姜之杳嚇得不敢動,她聽著剛才那聲尖叫像是女人發出的,村里人都知道山上有野人,這時候除了她哪有女人還敢上山?
姜之杳也不敢貿然行動,她微微蹲下身體,藏在雜草叢后面,想看看到底是個什么情況。
山上的林子里持續傳出一陣陣雜亂的聲音,只是尖叫的女人再也沒有發出過其他聲音。
蹲了約摸十分鐘,姜之杳腿有一點麻,剛想起身,就聽前方又傳來一聲物體落地的沉悶聲音。
姜之杳屏住呼吸,生怕自己被發現。
強忍著腿部針扎般的酸麻,她又觀望了幾分鐘。
那個摔在地上的東西一直沒有動靜。
姜之杳終于站起來,小心翼翼地往前走。
走了大概二十多米,她才來到一塊兒空地。
而空地上正趴著一個人形物體。
說是物體,是因為那玩意兒渾身上下都是樹枝樹葉藤蔓,根本看不出什么明顯的生物特征。
姜之杳遠遠地用一根棍子戳了戳,人形物體動了動,卻沒什么反應。
應該是徹底昏過去了。
姜之杳膽子大了些,猜想這應該就是昨天晚上的野人。
這沒準兒是書中的大佬呢,姜之杳一想到這個,心中的懼怕便又消散了幾分。
她走到野人身邊,將人給翻了過來。
本以為會很費力,卻沒想到憑她的力氣,輕松就將野人給翻了個個兒。
怎么會這么輕?那位大佬可是個男人,就算天天吃不飽,也不至于這么輕飄飄的吧?
姜之杳皺眉,伸手去扒拉野人臉上亂糟糟的頭發。
等到臟兮兮的臉露出來,姜之杳更加納悶了。
看這臉部輪廓,怎么那么像女人呢?
太多想不通的地方了,姜之杳腦子也跟著亂成一團。
她又扒拉了幾下野人身上纏著的樹葉藤蔓,不出意外地看到了對方腿上和背上的傷口。
傷口很是猙獰,背上的約摸二十多厘米長,不算太深,卻著實嚇人,皮肉外翻著,邊緣處已經化膿了,看著就很疼。

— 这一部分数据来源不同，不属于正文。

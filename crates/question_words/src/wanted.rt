//! Which question the words of a report ask.
ghost use Rattle.std.specs.Prelude.{◌≡◌, None, Some, MatchResult, IsTrue, is_some, option_map};
ghost use Rattle.std.specs.Prelude.{string_bytes};
ghost use Rattle.command_words.specs.Words.{text_of};
ghost use Rattle.question_words.specs.Questions.{AreAsked, IsEntriesFault, IsFault, IsWanted};
ghost use Rattle.question_words.specs.Questions.{faulty, faulty_days, faulty_entries, history_of};
ghost use Rattle.question_words.specs.Questions.{loans_asked, one_entry};

use crate::values::{day, day_if, loan, loan_if, number, number_if, place, thing, thing_if};
use crate::{ValueFault, WantedFault};
use codes_core::ThingCode;
use command_words::{Asked, Entries};
use reports::{EntryFilter, LoanFilter, Question};
use std::alloc::{AllocError, Global};

/// What a report's words want.
#[derive(Drop)]
pub enum Wanted<'a> {
    /// The answer to a question.
    Answer(Question),
    /// The comparison of a count list with the record.
    Count { list: &'a str, sealed: bool },
}

/// Returns what the words of a report want. Fault: Value, for the first value that is not in its
/// form, in the order in which [`Asked`] has them. NoMemory can come instead of a result, but only
/// if the words name a station and no value is faulty.
pub fn wanted_of<'a>(alloc: Global, asked: Asked<'a>) -> Result<Wanted<'a>, WantedFault<'a>>
    ensures { MatchResult result
        (λ wanted. (faulty asked.entry ≡ None) × IsWanted asked.entry wanted)
        (IsFault asked.entry) }
{
    match asked {
        Asked::Count { list, sealed } => Ok(Wanted::Count { list, sealed }),
        Asked::Overdue(on) => Ok(Wanted::Answer(Question::Overdue(day(on)?))),
        Asked::Away => Ok(Wanted::Answer(Question::Away)),
        Asked::History { code, long } => Ok(Wanted::Answer(history_of(thing(code)?, long))),
        Asked::Stations => Ok(Wanted::Answer(Question::Stations)),
        Asked::Where(code) => Ok(Wanted::Answer(Question::Where(thing(code)?))),
        Asked::Contents(code) => Ok(Wanted::Answer(Question::Contents(thing(code)?))),
        Asked::Loan(code) => Ok(Wanted::Answer(Question::Loan(loan(code)?))),
        Asked::At(code) => Ok(Wanted::Answer(Question::At(place(code)?))),
        Asked::Posted(entries) => {
            let filter = entry_filter(alloc, entries)?;
            Ok(Wanted::Answer(Question::Posted(filter)))
        }
        Asked::Loans { on, by, open } => {
            let filter = loan_filter(on, by, open)?;
            Ok(Wanted::Answer(Question::Loans(filter)))
        }
        Asked::Dues(by) => Ok(Wanted::Answer(Question::Dues(day(by)?))),
        Asked::Why(entry) => Ok(Wanted::Answer(Question::Why(one_entry(number(entry)?)))),
    }
}

/// The question where a thing has been.
fn history_of(thing: ThingCode, long: bool) -> Question
    ensures { result ≡ history_of thing long }
{
    if long {
        Question::LongHistory(thing)
    } else {
        Question::History(thing)
    }
}

/// Which loans the words ask for. Fault: Day.
fn loan_filter<'a>(
    on: Option<&'a str>,
    by: Option<&'a str>,
    open: bool,
) -> Result<LoanFilter, ValueFault<'a>>
    ensures { MatchResult result
        (λ filter. (faulty_days on.entry by.entry ≡ None)
        × (filter ≡ loans_asked on.entry by.entry «open»))
        (λ fault. faulty_days on.entry by.entry ≡ Some fault) }
{
    let on = day_if(on)?;
    let by = day_if(by)?;
    Ok(LoanFilter { on, by, open })
}

/// Which entries the words ask for. Fault: Value, for the first of --from, --to, --thing and --loan
/// that is not in its form. NoMemory can come instead of a result, but only if the words name a
/// station.
fn entry_filter<'a>(alloc: Global, entries: Entries<'a>) -> Result<EntryFilter, WantedFault<'a>>
    ensures { MatchResult result
        (λ filter. (faulty_entries entries.entry ≡ None) × AreAsked entries.entry filter)
        (IsEntriesFault entries.entry) }
{
    let from = number_if(entries.from)?.unwrap_or(1);
    let to = number_if(entries.to)?;
    let thing = thing_if(entries.thing)?;
    let loan = loan_if(entries.loan)?;
    let station = text_if(alloc, entries.station)?;
    Ok(EntryFilter {
        from,
        to,
        station,
        thing,
        loan,
        refused: entries.refused,
    })
}

/// Only the entry of this number.
fn one_entry(number: u64) -> EntryFilter
    ensures { result ≡ one_entry number }
{
    EntryFilter {
        from: number,
        to: Some(number),
        station: None,
        thing: None,
        loan: None,
        refused: false,
    }
}

/// The text, if there is one. Fails with `AllocError` only if there is one.
fn text_if(alloc: Global, text: Option<&str>) -> Result<Option<String>, AllocError>
    ensures { MatchResult result
        (λ copy. option_map string_bytes copy ≡ text_of text.entry)
        (λ _. IsTrue (is_some text.entry)) }
{
    match text {
        Some(text) => Ok(Some(String::from_str(alloc, text)?)),
        None => Ok(None),
    }
}
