//! A register in an SQLite database: the trait `Register` of `register_store`, kept in six tables.
//!
//! [`SqlRegister`] has a connection to the database. It is opened in memory (`in_memory`), on a
//! file (`on_file`, `on_file_from`), or from an open connection (`adopt`). `bind` comes first: it
//! fills a new store, or compares an old one with the setup. [`fault_of`] turns an error of the
//! connection into the fault that a register returns.
//!
//! The contracts promise, as long as the disk returns the bytes written to it and no other program
//! writes the file:
//!
//! - A posting is one transaction. Once the call has returned, a crash leaves the entry with all
//!   its changes, or nothing of it; after an Ok, the former. The binding of a new store and a
//!   migration from version 1 are one transaction too. A crash before the return is tested, not
//!   proved.
//! - `bind` leaves the rows of an old store as they are. A store with other tables, another version
//!   or another setup is rejected.
//! - A register that has stopped, because a statement failed, returns Store from each later call.
//!   It stops only if memory ran out, the disk failed or refused a call, or the database refused a
//!   statement.
//! - After a close the next run has the same rows ([`closed_and_opened`]). After a kill it has only
//!   rows that this run may have had ([`left_and_opened`]).
//!
//! ```text
//! let mut register = SqlRegister::on_file(&rt, rt.alloc(), "museum.db")?;
//! let depth = register.bind(rt.alloc(), &setup)?;
//! register.post(rt.alloc(), &entry, &changes)?;
//! let entries = register.all(rt.alloc())?;
//! let files = register.close();
//! ```
#![tactic(auto)]

mod again;
mod agree;
mod bind;
mod grow;
mod identity;
mod link;
mod list;
mod make;
mod migrate;
mod mismatch;
mod opening;
mod profile;
mod put;
mod queries;
mod row_values;
mod rowids;
mod schema;
mod sql;
mod stored_setup;
mod table;
mod upgrade;
mod version;
mod version_one;

pub use again::{closed_and_opened, left_and_opened};
pub use link::fault_of;
pub use migrate::given_days_are_of_looking_back;
pub use sql::SqlRegister;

而且這傷口有些奇怪,像是被人從后面拿什么銳利的東西砍的。
不是說這山上只有野人嗎?那又是誰砍傷了野人?
野人腿上的傷口就更好辨認了,一看就是摔的,而且傷到骨頭了,如果再任由傷口這么發展下去,估計這條腿就瘸了。
姜之杳眉頭緊鎖,視線落在野人另一條腿上,那上面插著一個針頭?
她俯身將針頭拔下來,仔細觀察。
針頭的樣式很特殊,不太像這個時代的產物。
而且看這野人昏迷不醒的樣子,很有可能就是這針頭搞的鬼。
姜之杳湊近針頭,極為小心地聞了一下,一絲氣味也沒有。
一般來說,不管是麻醉藥還是迷藥,都會或多或少有一些氣味,是其中某個成分散發出來的。
可這導致野人昏迷的迷藥卻無色無味,簡直比現代的高科技還要高科技。
姜之杳已經不用想都能猜到這針頭的來源了。
原書中,女主沈南月的腦海里可是存在著一個所謂系統的東西的。